Organisms from various prokaryotic and eukaryotic phyla are equipped with the ability to form inorganic materials (biomaterials). The inorganic materials produced by organisms usually exhibit shapes, structural organization and functionalities that are unknown from abiotically formed materials made of the same mineral type. The structural and morphological diversity of biomaterials made of the same mineral type demonstrates the capability of organisms to guide the growth of mineral crystals and to arrange crystals as well as amorphous mineral particles into well-defined larger structures. The synthetic fabrication of materials with structural complexities similar to that of many biomaterials is beyond the capabilities of current technology. Elucidating the biochemical mechanisms behind biomaterial formation and morphogenesis is therefore not only a fascinating biological project but is also of interest to more applied fields of research. For instance, mimicking of the biological mechanism in materials synthesis may help to fabricate novel materials that exhibit advanced structural and functional properties. The cellular machinery that enables organisms to produce a specific material morphology is so far only identified in parts and only for a small number of organisms.
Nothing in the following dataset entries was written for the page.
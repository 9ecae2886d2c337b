// The line of an error.

ghost use Rattle.job_dialogue.specs.Errors.{error_line, sentence};
ghost use Rattle.std.specs.Prelude.{◌≡◌, IfOk};

use crate::spots::Spot;
use linear_term::Memory;
use smt_commands::ScriptRefusal;
use std::alloc::Global;

/// The line of an error: where it is, and what.
pub(crate) fn error_line(alloc: Global, spot: Spot, e: ScriptRefusal) -> Result<Vec<u8>, Memory>
    ensures { IfOk result (λ text. text.items ≡ error_line spot e) }
{
    let line = spot.line.to_string(alloc)?;
    let column = spot.column.to_string(alloc)?;
    let mut text = Vec::from_slice(alloc, b"(error \"line ")?;
    text.extend_from_slice(line.as_bytes())?;
    text.extend_from_slice(b", column ")?;
    text.extend_from_slice(column.as_bytes())?;
    text.extend_from_slice(b": ")?;
    text.extend_from_slice(sentence(e))?;
    text.extend_from_slice(b"\")\n")?;
    Ok(text)
}

/// What is said of a refusal.
fn sentence(e: ScriptRefusal) -> &'static [u8]
    ensures { result.now ≡ sentence e }
{
    match e {
        ScriptRefusal::Syntax(_) => b"no command goes on like this, or it ends too early",
        ScriptRefusal::Literal(_) => b"a numeral above 2^127 - 1",
        ScriptRefusal::Deep(_) =>
            b"more than 200 lists within each other, or more than 10000 levels",
        ScriptRefusal::Undeclared(_) => b"a symbol that nothing in force declares or defines",
        ScriptRefusal::Redeclared(_) =>
            b"a symbol that is declared already, or the name of an operator",
        ScriptRefusal::Arity(_) => b"a wrong number of arguments",
        ScriptRefusal::Kind(_) => b"a term of the wrong sort",
        ScriptRefusal::NonLinear(_) => b"a product of two terms that are not built of numerals",
        ScriptRefusal::Many(_) => b"more than 1000 declared symbols in force",
        ScriptRefusal::Large => b"too many nodes or levels",
        ScriptRefusal::Profile(_) => b"not supported, or more levels are left than are open",
        ScriptRefusal::Memory => b"",
    }
}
Studying CaCO3 biogenesis and morphogenesis
The most abundant biomineral, in terms of quantity and number of producing species, is calcium carbonate (CaCO3). Among the most intriguing examples of biologically formed CaCO3 are the elaborately shaped scales, termed coccoliths, that are produced by unicellular algae denoted coccolithophores (Figure 1). Coccolithophores are the world's most significant producers of CaCO3 and important players in the marine ecosystem.
There are two main groups which coccoliths are divided into. Holococcoliths are formed from simple rhomboherdral calcite crystals, while the heterococcoliths are built from complex crystals which exhibit shapes that are unknown from abiotically formed calcite. Heterococcoliths are produced intracellularly one after the other in a specialized compartment termed coccolith vesicle (Movie 1). Depending on the species formation of a heterococcolith requires one to a few hours. Mature heterococcoliths are secreted to the cell surface and assembled into a shell termed coccosphere, which encases each cell. Click here to watch heterococcolith formation and secretion in Coccolithus pelagicus (Taylor et al. 2007 Eur. J. Phycol.).
Figure 2: General stages of coccolith formation
Coccolithophores are easy to grow in the laboratory and their, in comparison to multicellular CaCO3-formers, biological simplicity makes them attractive model organisms for exploring the genetic factors underlying the formation of complex CaCO3 structures. Surprisingly little is known about the cellular machinery that guides coccolith biogenesis and enables the cells to precisely control the morphology of heterococcolith calcite crystals.
By focusing on Emiliania huxleyi, the most prominent coccolithophore in the world’s oceans and the only sequenced coccolithophore so far, and Pleurochrysis carterae as model coccolithophores we employ biochemical and genomic/molecular biology approaches to identify the proteins involved in coccolith biogenesis and morphogenesis. To pave the way for functional in vivo analysis of the identified members of the coccolith-forming machinery we are developing transformation systems and genetic tools for both coccolithophores as these techniques are currently not established. Our projects involve a broad spectrum of methods in biochemistry (protein isolation and purification, identification, and characterization), molecular and cell biology (e.g. genetic transformation of algae, organelle isolation, flow cytometry, fluorescence and electron microscopy).